Management believes that Saks' current momentum, as reflected by its recent
results of operations and comparable sales performance relative to the industry,
is directly attributable to implementation of its strategies during fiscal 1994,
fiscal 1995 and fiscal 1996. Saks' comparable sales performance* is set forth
below:
 
<TABLE>
<CAPTION>
                                                     FISCAL    FISCAL    FISCAL
                                                      1994      1995      1996
                                                     ------    ------    ------
<S>                                                  <C>       <C>       <C>
First quarter.....................................     4.1%     10.2%     13.3%
Second quarter....................................     5.3      11.3      11.3
Third quarter.....................................     5.9       9.9        --
Fourth quarter....................................     6.6      11.0        --
</TABLE>
 
- ------------
 
* Represents the percentage increase in (i) net sales of stores (excluding major
  store expansions) open in both reporting periods for the portion of such
  periods open and (ii) Folio net sales. In fiscal 1995 and fiscal 1996,
  comparable sales excludes the impact of the 53rd week in fiscal 1995.
 
    Management believes that the ongoing execution and implementation of these
strategies will continue to drive performance. A summary of these strategies is
set forth below.
 
                                       4
<PAGE>
  TOP CUSTOMER FOCUS
 
    Based on extensive market research, Saks has identified certain top
customers who generate a significant share of Saks' sales. The large number of
customers who comprise this group change over time and are geographically
dispersed. Management believes that Saks can capture a substantially greater
share of apparel and related expenditures by these customers and has developed
and implemented customer affinity programs designed to capitalize on the
purchasing habits of top customers by increasing the frequency and productivity
of customer contact, increasing cross-selling activities and enhancing customer
loyalty. These programs include proactive customer clienteling programs, the
Saks First Program and the Fifth Avenue Club.
 
  DIFFERENTIATED MERCHANDISE ASSORTMENTS
 
    In 1994, Saks began to specifically target the merchandise categories that,
based on extensive research, were determined to be most important to its top
customers. Saks is developing dominant assortments in these key merchandise
categories by increasing inventory investments, upgrading the quality and
congruency of merchandise assortments and by adding important vendors and
brands. Saks' overall merchandising strategy is to offer congruent and balanced
assortments of differentiated, upscale limited-distribution merchandise.
 
  STORE INTENSIFICATION
 
    Management is improving the productivity of its store portfolio through a
comprehensive and integrated store intensification program. Saks initially
concentrated its efforts and resources on those stores that represented the
highest potential for increased sales and profit margins. Pursuant to this
strategy, from the beginning of fiscal 1993 to the end of fiscal 1995 Saks made
significant investments in 14 high potential stores, including $109 million in
gross capital expenditures, $43 million in increased inventory levels, $21
million in additional annual store payroll costs and $4 million in increased
annual localized marketing spending. As a result, net sales in these stores
increased 29.5% from $698 million in fiscal 1992 to $904 million in fiscal 1995.

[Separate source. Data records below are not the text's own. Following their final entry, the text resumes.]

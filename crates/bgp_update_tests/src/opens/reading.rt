//! Messages are read. (What an OPEN says, and what is none, is compared by the program
//! `real_captures`.)

use super::*;
use bgp_open::{Capability, Notification, read_notification};
use bgp_wire::vectors::{ADMINISTRATIVE_SHUTDOWN, BAD_LENGTH_18, KEEPALIVE, OPEN_A};

pub(super) const IPV4_UNICAST: Capability<'static> = Capability {
    code: 1,
    value: &[0x00, 0x01, 0x00, 0x01], // AFI 1, reserved, SAFI 1
};

pub(super) const IPV6_UNICAST: Capability<'static> = Capability {
    code: 1,
    value: &[0x00, 0x02, 0x00, 0x01], // AFI 2, reserved, SAFI 1
};

/// Four-octet AS numbers, and the sender's is 65001.
pub(super) const AS_65001: Capability<'static> = Capability {
    code: 65,
    value: &[0x00, 0x00, 0xfd, 0xe9],
};

/// My Autonomous System, Hold Time and BGP Identifier.
type Fields = (u16, u16, u32);

/// Whether the octets are an OPEN with these fields and capabilities.
pub(super) fn reads_as(octets: &[u8], fields: Fields, capabilities: &[Capability<'_>]) -> bool {
    let Ok(message) = read_open(octets) else {
        return false;
    };
    let mut is_same = (message.my_as(), message.hold(), message.id()) == fields;
    let mut read = message.caps();
    for capability in capabilities {
        is_same = is_same && read.next() == Some(*capability);
    }
    is_same && read.next().is_none()
}

/// Octets that are no NOTIFICATION.
static NO_NOTIFICATIONS: [&[u8]; 5] = [
    // no subcode
    message![20, 3, 6],
    // a marker octet of 254
    &[
        254, 255, 255, 255, 255, 255, 255, 255, 255, 255, 255, 255, 255, 255, 255, 255, 0, 21, 3,
        6, 2,
    ],
    // cut short
    message![23, 3, 1, 2, 0x00],
    &KEEPALIVE,
    &OPEN_A,
];

/// Whether octets are a NOTIFICATION with these octets and data to the end.
fn is_notification(octets: &[u8], code: u8, subcode: u8, detail: &[u8]) -> bool {
    let wanted = Notification {
        code,
        subcode,
        detail,
    };
    read_notification(octets) == Some(wanted)
}

#[test]
fn a_notification_has_two_octets_and_data_to_the_end(rt: HostRuntime) {
    for octets in &NO_NOTIFICATIONS {
        assert!(rt; read_notification(octets).is_none());
    }
    assert!(rt;
        is_notification(&ADMINISTRATIVE_SHUTDOWN, 6, 2, &[])
            && is_notification(&BAD_LENGTH_18, 1, 2, &[0x00, 0x12])
    );
}
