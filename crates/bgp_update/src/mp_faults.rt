//! The rules on one MP attribute (RFC 4760, 7; RFC 7606, 5.3, 7.11 and 7.12).

ghost use Rattle.std.specs.Prelude.{◌≡◌, ◌↔◌, ℕ, IsTrue};
ghost use Rattle.bgp_update.specs.Disabled.{IsDoubtful};
ghost use Rattle.bgp_update.specs.Mp.{Broken};
ghost use Rattle.bgp_update.specs.MpFaults.{
  IsUnused,
  IsSound,
  IsCut,
  IsBroken,
  HasBitsInConflict,
  MayReset,
};
ghost use Rattle.bgp_update.specs.MpShown.{state_of};
ghost use Rattle.bgp_update.specs.Surveyed.{mp_found_by};

use crate::mp::MpState;
use crate::survey::MpSurvey;
use bgp_open::Family;

impl MpState<'_> {
    /// Checks whether its family isn't in use, or is neither IPv4 nor IPv6 unicast.
    fn is_unused(&self) -> bool
        ensures { IsTrue result ↔ IsUnused (state_of self.now) }
    {
        matches!(self, MpState::Other | MpState::Unused(_))
    }

    /// Checks whether its family is in use, and its contents are right.
    fn is_sound(&self) -> bool
        ensures { IsTrue result ↔ IsSound (state_of self.now) }
    {
        matches!(self, MpState::Sound(..))
    }

    /// Checks whether it is broken, and of this family.
    pub(crate) fn is_broken_of(&self, family: Family) -> bool
        ensures { IsTrue result ↔ (state_of self.now ≡ Broken family) }
    {
        match self {
            MpState::Broken(own) => *own == family,
            _ => false,
        }
    }
}

impl MpSurvey<'_> {
    /// Checks the rule "cut MP attribute".
    pub(crate) fn is_cut(&self) -> bool
        ensures { IsTrue result ↔ IsCut (mp_found_by self.now) }
    {
        matches!(self.state, MpState::Cut)
    }

    /// Checks the rule "broken MP attribute".
    pub(crate) fn is_broken(&self) -> bool
        ensures { IsTrue result ↔ IsBroken (mp_found_by self.now) }
    {
        matches!(self.state, MpState::Broken(_))
    }

    /// Checks the rule "MP bits in conflict".
    pub(crate) fn has_bits_in_conflict(&self) -> bool
        ensures { IsTrue result ↔ HasBitsInConflict (mp_found_by self.now) }
    {
        self.other_bits && (self.state.is_unused() || self.state.is_sound())
    }

    /// Checks whether a reset is allowed and not demanded.
    pub(crate) fn may_reset(&self) -> bool
        ensures { IsTrue result ↔ MayReset (mp_found_by self.now) }
    {
        self.is_broken() || self.has_bits_in_conflict()
    }

    /// Checks whether it is of this family, and has nothing wrong but its bits.
    pub(crate) fn is_doubtful(&self, family: Family) -> bool
        ensures { IsTrue result ↔ IsDoubtful (mp_found_by self.now) family }
    {
        match self.state {
            MpState::Sound(own, _) => self.other_bits && is_same(own, family),
            _ => false,
        }
    }
}

/// Checks whether both are one family.
fn is_same(one: Family, other: Family) -> bool
    ensures { IsTrue result ↔ (one ≡ other) }
{
    one == other
}
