/// What Established does about a second valid OPEN.
fn established_on_open(
    own: Link,
    timer: HoldTimer,
    subcodes: OpenSubcodes,
    row: ReceivedRow,
) -> Option<Step>
    ensures { (octets : List ℕ) (t : ℕ) (link : TheLink)
        → MakesHeard (heads.Established own timer) t octets
        (hearings.ValidOpen link subcodes) row result }
{
    let head = Head::Established(own, timer);
    match row {
        // Event 19, BGPOpen.
        ReceivedRow::Overlooks => Some(entering(head, Wants::Nothing, head)),
        // Event 23, OpenCollisionDump.
        ReceivedRow::Collides => Some(falling(head, Wants::One(Want::Cease))),
        // Event 22, BGPOpenMsgErr.
        ReceivedRow::NamesFault => Some(naming(head, FaultSet::Open(subcodes))),
        // Event 19, BGPOpen, as a message that isn't expected.
        ReceivedRow::ReportsError => Some(reporting(head, Unexpected::InEstablished)),
        _ => None,
    }
}

/// What Established does about a header with faults.
fn established_on_header(
    own: Link,
    timer: HoldTimer,
    faults: HeaderFaults,
    row: ReceivedRow,
) -> Option<Step>
    ensures { (octets : List ℕ) (t : ℕ)
        → MakesHeard (heads.Established own timer) t octets
        (hearings.FaultyHeader faults) row result }
{
    let head = Head::Established(own, timer);
    match row {
        ReceivedRow::NamesFault => Some(naming(head, FaultSet::Header(faults))),
        ReceivedRow::ReportsError => Some(reporting(head, Unexpected::InEstablished)),
        _ => None,
    }
}

/// What Established does about a message other than an UPDATE.
fn established_on(
    own: Link,
    timer: HoldTimer,
    t: Seconds,
    message: Heard,
    row: ReceivedRow,
) -> Option<Step>
    requires { message ≢ hearings.Update }
    ensures { (octets : List ℕ)
        → MakesHeard (heads.Established own timer) t octets message row result }
{
    let head = Head::Established(own, timer);
    let alive = Head::Established(own, renewed(timer, t));
    match message {
        Heard::ValidOpen(_, subcodes) => established_on_open(own, timer, subcodes, row),
        // Event 21, BGPHeaderErr.
        Heard::FaultyHeader(faults) => { established_on_header(own, timer, faults, row) }
        // Event 22, BGPOpenMsgErr.
        Heard::InvalidOpen(subcodes) => match row {
            ReceivedRow::NamesFault => Some(naming(head, FaultSet::Open(subcodes))),
            ReceivedRow::ReportsError => Some(reporting(head, Unexpected::InEstablished)),
            _ => None,
        },
        // Events 24 and 25, NotifMsgVerErr and NotifMsg.
        Heard::BadVersion | Heard::Notification => match row {
            ReceivedRow::Drops => Some(falling(head, Wants::Nothing)),
            _ => None,
        },
        // Event 26, KeepAliveMsg.
        Heard::Keepalive => match row {
            ReceivedRow::Renews => Some(entering(head, Wants::Nothing, alive)),
            _ => None,
        },
        _ => None,
    }
}

/// Returns the step that one row of the table makes about a message that is heard so ([`hear`]) at
/// a second (RFC 4271, 8.2.2 and 6.1 to 6.8): none if the row isn't the state's for that message.
///
/// It needs that the message isn't an UPDATE in Established, whose rows are [`update_step`]'s.
///
/// [`hear`]: crate::hear
/// [`update_step`]: crate::update_step
pub fn heard_step(head: Head, t: Seconds, message: Heard, row: ReceivedRow) -> Option<Step>
    requires { ¬ NeedsOutcomes head message }
    ensures { (octets : List ℕ) → MakesHeard head t octets message row result }
{
    match head {
        Head::Idle => idle_on(row),
        Head::Connect(delay) => unopened_on(head, delay, t, message, row),
        Head::Active(delay) => unopened_on(head, delay, t, message, row),
        Head::OpenSent(timer) => open_sent_on(timer, t, message, row),
        Head::OpenConfirm(own, timer) => open_confirm_on(own, timer, t, message, row),
        Head::Established(own, timer) => established_on(own, timer, t, message, row),
    }
}

/// Adds what a row makes.
fn add_heard(
    head: Head,
    t: Seconds,
    message: Heard,
    row: ReceivedRow,
    steps: &mut ArrayVec<Step, MOST_STEPS>,
)
    requires told { ¬ NeedsOutcomes head message }
    requires room { array_vec_len steps.old < 8 }
    ensures listed { (octets : List ℕ) (rows : List TheRow)
        → ListsRows (HeardShown head t octets message) no_changes rows steps.old.items
        → ListsRows (HeardShown head t octets message) no_changes (rows ++ row ∷ [])
        steps.new.items }
    ensures count { array_vec_len steps.new ≤ array_vec_len steps.old + 1 }
{
    let Some(step) = heard_step(head, t, message, row) else {
        return;
    };
    add(steps, step);
}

Saks is expanding its store intensification program to additional stores in 1996
and 1997.
 
  STORE EXPANSION
 
    Saks continuously evaluates opportunities for profitable expansion of its
store base. Management believes that the current retail environment,
characterized by an accelerated pace of store rationalizations, downsizings and
bankruptcies, as well as the re-tenanting of major malls, offers many attractive
opportunities for Saks to continue to expand its store portfolio.
 
    FULL-LINE STORES. Saks currently operates 40 full-line stores. Excluding
acquisitions, Saks plans to open three new full-line stores (including a store
in Orlando, Florida in 1996) and two replacement stores and to complete nine
remodels through fiscal 1998.
 
    RESORT STORES. Saks broadens its reach to the affluent tourist and permanent
and seasonal residents of resort markets through its resort stores. Saks
currently operates six resort stores, including a store in Charleston, South
Carolina that was opened in August 1996. Saks plans to open four new 30,000 to
50,000 gross square foot resort stores through fiscal 1998.
 
    MAIN STREET STORES. Saks is testing a 35,000 square foot main street store
format designed for the local shopping areas of affluent suburban markets. The
first main street store is scheduled to open in Greenwich, Connecticut in
September 1996.
 
    ACQUISITIONS. Management believes that the current retail environment will
continue to offer selected opportunities to increase Saks' presence in important
markets. For example, Saks intensified its presence on the west coast and in the
southwest by acquiring four former I. Magnin stores in February 1995.
 
                                       5
<PAGE>
    Similarly, Saks intends to expand its presence in the demographically
attractive Texas market. In July 1996, Saks entered into an agreement with
Dayton Hudson Corporation and certain of its affiliates to acquire three
Marshall Field store locations in Texas which would add 250,000 square feet of
store space to Saks' presence in this market, subject to certain conditions. Two
of these stores are intended to replace two smaller stores that Saks currently
operates in Houston and Dallas. Saks intends to spend approximately $100 million
in connection with the acquisition and renovation of these stores. There can be
no assurance that Saks will satisfy the conditions under the agreement and
acquire these store locations.
 
    In addition, Saks has agreed with Japanese department store operator Isetan
Company Limited and its affiliate, Isetan of America, Inc. (collectively,
"Isetan"), which are creditors of Barneys Inc. and its affiliates (collectively,
"Barneys"), to begin exploring on a preliminary basis the financial feasibility
of co-sponsoring a plan of reorganization for Barneys, which filed for Chapter
11 bankruptcy protection in January 1996. Saks would only proceed with such a
plan if management concludes that Barneys represents an attractive investment
opportunity. There can be no assurance that Saks and Isetan will reach agreement
on the terms of a proposed plan of reorganization or that Saks and Isetan will
be successful in introducing any such plan in Barneys' bankruptcy case.
 
    See "Business--Business Strategy--Store Expansion--Acquisitions".
 
  FRANCHISE EXTENSION STRATEGIES
 
    Management believes that the Saks Fifth Avenue franchise is extendable over
multiple formats and has developed the following specific growth strategies:
 
    OFF 5TH. Through its Off 5th division, Saks extends its customer reach by
offering high quality, upscale branded fashion apparel in an outlet store
setting at 40% to 70% off original and comparable retail prices. Off 5th
provides attractive financial returns and an economically superior form of
inventory liquidation for Saks' retail stores. Saks currently operates 23 Off
5th stores and expects to open approximately 12 additional stores in the
remainder of fiscal 1996.
 
    FOLIO. Saks extends its reach to direct response customers through its Folio
catalogs which offer fashionable women's apparel, accessories, home furnishings
and gifts and unique selections of Saks' private label merchandise. Folio mailed
29 million catalogs in fiscal 1995, an increase of 26% over fiscal 1994.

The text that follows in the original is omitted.